Describing these customization processes are essential steps 
for clinical application and performance evaluation [22]. 

The first objective of this project is to describe the 
process of customizing two different NLP-IR/E applications 
- an open-source Information Extraction toolkit utilized by 
the General Architecture for Text Engineering (GATE) 
research community called A Nearly New Information 
Extraction system (ANNIE);[23] and a toolkit developed in- 
house, named Information for Searching Content with an 
Ontology-Utilizing Toolkit (iSCOUT) - to retrieve radiology 
reports with three distinct critical imaging findings 
(pulmonary nodule, pneumothorax, and pulmonary 
embolus), illustrating different levels of customization 
required to use these applications.
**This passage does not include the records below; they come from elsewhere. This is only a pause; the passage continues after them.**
//! The words and slots that the steps of a queue work on. The trait [`Cells`] is the only way in which the machines of `single`, `bounded`
//! and `unbounded` touch memory: one atomic operation on one word or slot at a time.

ghost use Rattle.std.specs.Prelude.{◌≡◌, IfErr};
ghost use Rattle.concurrent_queue.specs.Deeds.{Deed, loaded, stored, exchanged, added, bits_set, bits_kept, did_put, did_take, spared, retired};
ghost use Rattle.concurrent_queue.specs.Contents.{Contents};
ghost use Rattle.concurrent_queue.specs.Effects.{Does};

use crate::error::NoMemory;
use std::thread;

/// Which kind of queue the cells are of.
#[derive(Clone, Copy, PartialEq, Eq, Debug)]
pub enum QueueForm {
    /// At most this many messages.
    Bounded(usize),
    /// As many messages as there is memory for.
    Unbounded,
}

/// The name of a word. Blocks go by their numbers, from 0 in the order in which they were made.
#[derive(Clone, Copy)]
pub enum Word {
    /// The three bits of a queue of one slot.
    State,
    /// The position of the oldest message.
    Head,
    /// The position of the next message to come.
    Tail,
    /// The stamp of a ring's place.
    Stamp(u64),
    /// The block at the head, by its number plus 1, or 0.
    HeadBlock,
    /// The block at the tail, by its number plus 1, or 0.
    TailBlock,
    /// The block after this one, by its number plus 1, or 0.
    Next(u64),
    /// How many messages of this block were read.
    Reads(u64),
    /// Whether the message of this block at this offset is written.
    Written(u64, u64),
}

/// The name of a slot, which holds one message or none.
#[derive(Clone, Copy)]
pub enum Slot {
    /// The slot of a ring's place, or with 0 the only slot.
    At(u64),
    /// The slot of this block at this offset.
    In(u64, u64),
}

/// The cells of one queue. Each call is one atomic operation on one word or slot, or one critical section of the spare list with the block
/// that enters or leaves it. A word that does not exist reads 0 and stays so; a slot that does not exist holds nothing and takes nothing.
///
/// All atomic operations are sequentially consistent: the operations of all threads have one total order. The comments in the machines,
/// such as "load the head before the tail", rely on that order.
///
/// The contract of a method says which operation was done, with its answer, and nothing else. What it did to the contents follows by the
/// law `exact`. Over shared cells nobody can know the contents, and then `known` is false.
///
/// Each method requires that the operation may be made, whatever it is answered. A caller that makes the steps of a call has this from the
/// state of the call, by the laws `ready` and `leads`. Cells of one owner allow every operation.
pub trait Cells<T> {
    ghost use Rattle.concurrent_queue.specs.declared.cells.QueueForm.{QueueForm};

    /// Whether it is known what the cells hold.
    ghost known: { Type 0 };

    /// What the cells hold.
    ghost contents: { Self → Contents T };

    /// Which kind of queue they are of.
    ghost form_of: { Self → QueueForm };

    /// Whether this operation, with this answer, was done between the two. Every method states it, also over unknown contents; any relation
    /// that keeps the laws below may stand here.
    ghost did: { Deed T → Self → Self → Type 0 };

    ghost use Rattle.std.specs.Prelude.{ℕ, Result, Option};
    ghost use Rattle.concurrent_queue.specs.Stands.{MayGoOn, GoesOn};
    ghost use Rattle.concurrent_queue.specs.declared.queue_call.CallState.{CallState};
    ghost use Rattle.concurrent_queue.specs.declared.error.NoMemory.{NoMemory};

    /// Whether this operation may be made and be answered so. Cells of one owner allow any.
    ghost may: { Deed T → Self → Type 0 };

    /// Whether the call whose cells these are is at this action of its machine. Where any operation is allowed, every call is.
    ghost stands: { CallState T → Self → Type 0 };

    /// Which kind of queue it is; no operation changes that.
    fn form(&self) -> QueueForm
        ensures form { result ≡ form_of self.now };

    /// What the word holds.
    fn load(&mut self, at: Word) -> u64
        requires may { (x : ℕ) → may (loaded at x) self.old }
        ensures deed { did (loaded at result) self.old self.new }
        ensures form { form_of self.new ≡ form_of self.old };

    /// Writes the word.
    fn store(&mut self, at: Word, value: u64)
        requires may { may (stored at value) self.old }
        ensures deed { did (stored at value) self.old self.new }
        ensures form { form_of self.new ≡ form_of self.old };

    /// Writes `next` if the word holds `expected`; otherwise `Err` with what it holds.
    fn compare_exchange(&mut self, at: Word, expected: u64, next: u64) -> Result<u64, u64>
        requires may { (o : Result ℕ ℕ) → may (exchanged at expected next o) self.old }
        ensures deed { did (exchanged at expected next result) self.old self.new }
        ensures form { form_of self.new ≡ form_of self.old };

    /// Adds to the word, and answers what it held. The sum wraps at 2^64.
    fn fetch_add(&mut self, at: Word, by: u64) -> u64
        requires may { (o : ℕ) → may (added at by o) self.old }
        ensures deed { did (added at by result) self.old self.new }
        ensures form { form_of self.new ≡ form_of self.old };

    /// Sets these bits of the word, and answers what it held.
    fn fetch_or(&mut self, at: Word, bits: u64) -> u64
        requires may { (o : ℕ) → may (bits_set at bits o) self.old }
        ensures deed { did (bits_set at bits result) self.old self.new }
        ensures form { form_of self.new ≡ form_of self.old };

    /// Keeps these bits of the word and clears all others, and answers what it held.
    fn fetch_and(&mut self, at: Word, bits: u64) -> u64
        requires may { (o : ℕ) → may (bits_kept at bits o) self.old }
        ensures deed { did (bits_kept at bits result) self.old self.new }
        ensures form { form_of self.new ≡ form_of self.old };

    /// Fills an empty slot. `Err` returns the message: the slot is not empty, or another call holds it, so the call has to try again.
    fn put(&mut self, at: Slot, value: T) -> Result<(), T>
        requires may { (o : Result Unit T) → may (did_put at value o) self.old }
        ensures deed { did (did_put at value result) self.old self.new }
        ensures back { IfErr result (λ back. back ≡ value) }
        ensures form { form_of self.new ≡ form_of self.old };

    /// Empties a slot. `None`: the slot is empty, or another call holds it, so the call has to try again.
    fn take(&mut self, at: Slot) -> Option<T>
        requires may { (o : Option T) → may (did_take at o) self.old }
        ensures deed { did (did_take at result) self.old self.new }
        ensures form { form_of self.new ≡ form_of self.old };

    /// The number of a blank block: the spare one that was retired last, or a new one, which gets its place in the spare list when it is
    /// made. `Err`, with nothing changed, if no block is spare and there is no memory for a new one.
    fn spare(&mut self) -> Result<u64, NoMemory>
        requires may { (o : Result ℕ NoMemory) → may (spared o) self.old }
        ensures deed { did (spared result) self.old self.new }
        ensures form { form_of self.new ≡ form_of self.old };

    /// Blanks a block and puts its number on the spare list, which has a place for each block that was made. It takes no memory.
    fn retire(&mut self, block: u64)
        requires may { may (retired block) self.old }
        ensures deed { did (retired block) self.old self.new }
        ensures form { form_of self.new ≡ form_of self.old };

    /// Lets other threads run; called before a call repeats an action. It is no operation and touches no cell. Cells whose other calls run
    /// on no thread of their own run those here.
    fn give_way(&self) {
        thread::yield_now();
    }

    /// A call may make the next operation of its machine, whatever that is answered.
    ghost ready: { MayGoOn stands form_of may };

    /// Such an operation leads the call to where its machine goes by the answer.
    ghost leads: { GoesOn stands form_of did };

    /// No operation makes cells of one form into cells of another.
    ghost keeps_form: { (d : Deed T) (a b : Self) → did d a b → form_of b ≡ form_of a };

    /// What is known to be held is of the cells' form.
    ghost exact_form: { known → (a : Self) → (contents a).form ≡ form_of a };

    /// An operation does to what is known to be held just what it says.
    ghost exact: { known → (d : Deed T) (a b : Self) → did d a b → Does d (contents a) (contents b) };
}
The second objective is to 
evaluate application performance in retrieval of radiology 
reports with the specified critical imaging findings. 

MATERIALS AND METHODOLOGY 

Study Site and Setting 

The study protocol was approved by our institution's 
Institutional Review Board. The requirement for obtaining 
informed consent was waived for this study. Our institution 
is a 752-bed adult urban tertiary academic medical center 
with over 600,000 imaging examinations ordered annually. 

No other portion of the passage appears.